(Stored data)
- Opening Delimiter -
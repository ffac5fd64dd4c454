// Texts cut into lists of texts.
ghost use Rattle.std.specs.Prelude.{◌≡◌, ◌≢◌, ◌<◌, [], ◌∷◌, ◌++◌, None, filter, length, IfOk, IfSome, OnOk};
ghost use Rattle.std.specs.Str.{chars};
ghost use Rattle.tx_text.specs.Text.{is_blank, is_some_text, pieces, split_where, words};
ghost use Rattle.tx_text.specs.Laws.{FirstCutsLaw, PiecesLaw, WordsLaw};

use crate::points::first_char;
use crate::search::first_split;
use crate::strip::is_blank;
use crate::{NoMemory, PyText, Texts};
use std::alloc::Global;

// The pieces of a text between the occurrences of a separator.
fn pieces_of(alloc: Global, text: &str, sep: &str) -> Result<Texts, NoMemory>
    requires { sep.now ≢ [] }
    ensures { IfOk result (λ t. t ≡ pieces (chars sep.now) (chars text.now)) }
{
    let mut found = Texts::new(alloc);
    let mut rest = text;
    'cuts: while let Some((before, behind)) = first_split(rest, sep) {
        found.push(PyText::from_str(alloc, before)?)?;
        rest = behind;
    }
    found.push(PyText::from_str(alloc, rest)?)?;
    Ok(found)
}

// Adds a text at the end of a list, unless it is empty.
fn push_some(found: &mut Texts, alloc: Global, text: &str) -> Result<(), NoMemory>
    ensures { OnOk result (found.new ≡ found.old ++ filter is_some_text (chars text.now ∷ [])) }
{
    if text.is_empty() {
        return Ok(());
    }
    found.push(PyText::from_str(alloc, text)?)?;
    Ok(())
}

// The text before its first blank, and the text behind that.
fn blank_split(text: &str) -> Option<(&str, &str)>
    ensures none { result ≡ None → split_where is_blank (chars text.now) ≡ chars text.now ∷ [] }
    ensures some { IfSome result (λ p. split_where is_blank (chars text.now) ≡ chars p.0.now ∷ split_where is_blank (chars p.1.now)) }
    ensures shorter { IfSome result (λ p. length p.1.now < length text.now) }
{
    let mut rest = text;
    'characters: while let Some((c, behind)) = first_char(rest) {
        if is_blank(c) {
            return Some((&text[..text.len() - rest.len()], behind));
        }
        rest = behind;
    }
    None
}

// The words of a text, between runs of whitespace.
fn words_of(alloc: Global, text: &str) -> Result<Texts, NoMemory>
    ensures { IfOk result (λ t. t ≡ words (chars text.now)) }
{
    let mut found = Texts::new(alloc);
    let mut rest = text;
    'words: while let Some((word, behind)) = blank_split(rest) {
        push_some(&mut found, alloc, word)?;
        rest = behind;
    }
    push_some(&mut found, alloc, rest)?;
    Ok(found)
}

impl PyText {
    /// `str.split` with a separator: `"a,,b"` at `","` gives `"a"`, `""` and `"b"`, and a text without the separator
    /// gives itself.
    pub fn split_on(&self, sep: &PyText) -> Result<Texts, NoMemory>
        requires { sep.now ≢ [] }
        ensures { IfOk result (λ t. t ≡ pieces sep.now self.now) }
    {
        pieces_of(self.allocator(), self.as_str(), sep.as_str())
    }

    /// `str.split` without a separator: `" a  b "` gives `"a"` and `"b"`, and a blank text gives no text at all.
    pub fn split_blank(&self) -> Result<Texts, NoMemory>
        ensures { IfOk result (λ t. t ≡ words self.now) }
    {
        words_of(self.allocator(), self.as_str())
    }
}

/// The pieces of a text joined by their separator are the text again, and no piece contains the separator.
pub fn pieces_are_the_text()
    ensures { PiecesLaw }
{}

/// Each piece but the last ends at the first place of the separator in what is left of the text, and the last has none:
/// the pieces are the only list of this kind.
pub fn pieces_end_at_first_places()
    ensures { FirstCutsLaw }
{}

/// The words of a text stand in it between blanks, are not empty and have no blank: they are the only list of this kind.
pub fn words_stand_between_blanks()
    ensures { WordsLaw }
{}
- Closing Delimiter -
- Opening Delimiter -
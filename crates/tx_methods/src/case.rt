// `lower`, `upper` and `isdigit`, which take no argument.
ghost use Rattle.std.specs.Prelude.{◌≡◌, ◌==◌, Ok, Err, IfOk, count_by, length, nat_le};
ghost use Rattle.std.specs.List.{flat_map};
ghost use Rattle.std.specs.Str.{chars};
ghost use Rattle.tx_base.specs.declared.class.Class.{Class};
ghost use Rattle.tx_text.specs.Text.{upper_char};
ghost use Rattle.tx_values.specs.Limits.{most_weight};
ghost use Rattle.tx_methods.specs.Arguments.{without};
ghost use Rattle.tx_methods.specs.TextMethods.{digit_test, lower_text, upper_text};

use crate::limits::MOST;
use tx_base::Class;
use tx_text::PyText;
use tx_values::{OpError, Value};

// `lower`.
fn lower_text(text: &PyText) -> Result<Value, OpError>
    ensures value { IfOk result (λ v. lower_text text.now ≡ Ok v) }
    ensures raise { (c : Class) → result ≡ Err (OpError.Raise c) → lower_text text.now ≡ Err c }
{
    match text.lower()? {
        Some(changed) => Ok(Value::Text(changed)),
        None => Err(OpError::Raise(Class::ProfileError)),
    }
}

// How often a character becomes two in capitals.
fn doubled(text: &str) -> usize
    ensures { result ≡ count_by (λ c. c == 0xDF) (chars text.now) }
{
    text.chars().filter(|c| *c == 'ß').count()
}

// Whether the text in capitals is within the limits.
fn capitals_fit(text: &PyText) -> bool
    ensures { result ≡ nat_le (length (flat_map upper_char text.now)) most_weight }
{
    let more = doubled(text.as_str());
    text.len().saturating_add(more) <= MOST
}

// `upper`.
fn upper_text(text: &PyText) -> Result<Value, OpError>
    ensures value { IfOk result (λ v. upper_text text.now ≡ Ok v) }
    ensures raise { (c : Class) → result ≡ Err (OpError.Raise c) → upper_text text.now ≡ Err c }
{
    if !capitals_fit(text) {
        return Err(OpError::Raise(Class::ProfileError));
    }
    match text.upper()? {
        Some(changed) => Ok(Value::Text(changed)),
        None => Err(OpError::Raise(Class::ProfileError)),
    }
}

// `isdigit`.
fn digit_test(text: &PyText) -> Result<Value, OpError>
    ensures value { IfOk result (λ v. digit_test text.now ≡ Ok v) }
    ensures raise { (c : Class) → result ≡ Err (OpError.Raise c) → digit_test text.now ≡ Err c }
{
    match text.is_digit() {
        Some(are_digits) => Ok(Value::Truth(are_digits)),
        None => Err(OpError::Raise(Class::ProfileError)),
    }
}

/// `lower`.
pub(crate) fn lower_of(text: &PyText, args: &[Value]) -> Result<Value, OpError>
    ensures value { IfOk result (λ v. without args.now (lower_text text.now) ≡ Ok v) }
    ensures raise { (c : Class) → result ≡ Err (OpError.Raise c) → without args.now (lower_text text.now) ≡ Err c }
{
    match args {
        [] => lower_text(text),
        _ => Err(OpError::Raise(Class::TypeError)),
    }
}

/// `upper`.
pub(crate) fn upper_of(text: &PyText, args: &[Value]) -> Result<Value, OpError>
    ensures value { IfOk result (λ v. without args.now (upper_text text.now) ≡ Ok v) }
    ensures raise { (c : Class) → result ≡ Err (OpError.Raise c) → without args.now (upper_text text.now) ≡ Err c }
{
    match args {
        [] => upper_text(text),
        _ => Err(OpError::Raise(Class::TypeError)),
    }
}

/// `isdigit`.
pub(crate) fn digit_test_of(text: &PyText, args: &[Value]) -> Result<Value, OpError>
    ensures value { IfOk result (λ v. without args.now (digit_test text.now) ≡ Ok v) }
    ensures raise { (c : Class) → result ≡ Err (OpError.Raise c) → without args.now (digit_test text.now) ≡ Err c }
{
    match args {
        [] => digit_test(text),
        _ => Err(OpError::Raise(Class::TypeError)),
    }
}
- Closing Delimiter -
- Opening Delimiter -
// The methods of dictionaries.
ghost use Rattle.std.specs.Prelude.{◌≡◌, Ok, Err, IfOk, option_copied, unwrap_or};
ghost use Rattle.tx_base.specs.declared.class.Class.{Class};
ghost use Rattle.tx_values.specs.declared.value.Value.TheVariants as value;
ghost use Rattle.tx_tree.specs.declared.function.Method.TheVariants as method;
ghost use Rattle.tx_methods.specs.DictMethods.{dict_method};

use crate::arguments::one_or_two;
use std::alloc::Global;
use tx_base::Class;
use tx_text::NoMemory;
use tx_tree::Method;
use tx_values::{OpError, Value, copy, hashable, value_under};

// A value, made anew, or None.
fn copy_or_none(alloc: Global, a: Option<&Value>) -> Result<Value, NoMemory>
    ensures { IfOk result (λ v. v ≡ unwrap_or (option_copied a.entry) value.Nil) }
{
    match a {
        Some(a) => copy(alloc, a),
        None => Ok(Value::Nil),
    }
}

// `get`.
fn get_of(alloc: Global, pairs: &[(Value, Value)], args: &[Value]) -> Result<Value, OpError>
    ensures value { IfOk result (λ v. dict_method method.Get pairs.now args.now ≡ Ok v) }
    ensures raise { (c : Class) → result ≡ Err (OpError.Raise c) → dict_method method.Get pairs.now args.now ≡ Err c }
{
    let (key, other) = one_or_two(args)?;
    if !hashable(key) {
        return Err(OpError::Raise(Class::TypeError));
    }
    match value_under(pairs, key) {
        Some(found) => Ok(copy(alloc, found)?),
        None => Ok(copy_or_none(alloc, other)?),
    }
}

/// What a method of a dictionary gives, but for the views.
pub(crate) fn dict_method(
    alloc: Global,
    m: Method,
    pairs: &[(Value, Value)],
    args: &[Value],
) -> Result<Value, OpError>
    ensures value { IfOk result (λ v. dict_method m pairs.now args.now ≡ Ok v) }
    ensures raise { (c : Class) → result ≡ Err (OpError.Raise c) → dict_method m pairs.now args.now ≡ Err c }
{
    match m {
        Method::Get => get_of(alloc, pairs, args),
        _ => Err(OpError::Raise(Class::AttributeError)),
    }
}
- Closing Delimiter -
What to work on
Starting at the line that contains "repository ffac5fd64dd4c454" and stopping after the line that contains "result ≡ None", write out every line exactly as it appears above, and no other line.

Result of this exercise
repository ffac5fd64dd4c454
// Texts cut into lists of texts.
ghost use Rattle.std.specs.Prelude.{◌≡◌, ◌≢◌, ◌<◌, [], ◌∷◌, ◌++◌, None, filter, length, IfOk, IfSome, OnOk};
ghost use Rattle.std.specs.Str.{chars};
ghost use Rattle.tx_text.specs.Text.{is_blank, is_some_text, pieces, split_where, words};
ghost use Rattle.tx_text.specs.Laws.{FirstCutsLaw, PiecesLaw, WordsLaw};

use crate::points::first_char;
use crate::search::first_split;
use crate::strip::is_blank;
use crate::{NoMemory, PyText, Texts};
use std::alloc::Global;

// The pieces of a text between the occurrences of a separator.
fn pieces_of(alloc: Global, text: &str, sep: &str) -> Result<Texts, NoMemory>
    requires { sep.now ≢ [] }
    ensures { IfOk result (λ t. t ≡ pieces (chars sep.now) (chars text.now)) }
{
    let mut found = Texts::new(alloc);
    let mut rest = text;
    'cuts: while let Some((before, behind)) = first_split(rest, sep) {
        found.push(PyText::from_str(alloc, before)?)?;
        rest = behind;
    }
    found.push(PyText::from_str(alloc, rest)?)?;
    Ok(found)
}

// Adds a text at the end of a list, unless it is empty.
fn push_some(found: &mut Texts, alloc: Global, text: &str) -> Result<(), NoMemory>
    ensures { OnOk result (found.new ≡ found.old ++ filter is_some_text (chars text.now ∷ [])) }
{
    if text.is_empty() {
        return Ok(());
    }
    found.push(PyText::from_str(alloc, text)?)?;
    Ok(())
}

// The text before its first blank, and the text behind that.
fn blank_split(text: &str) -> Option<(&str, &str)>
    ensures none { result ≡ None → split_where is_blank (chars text.now) ≡ chars text.now ∷ [] }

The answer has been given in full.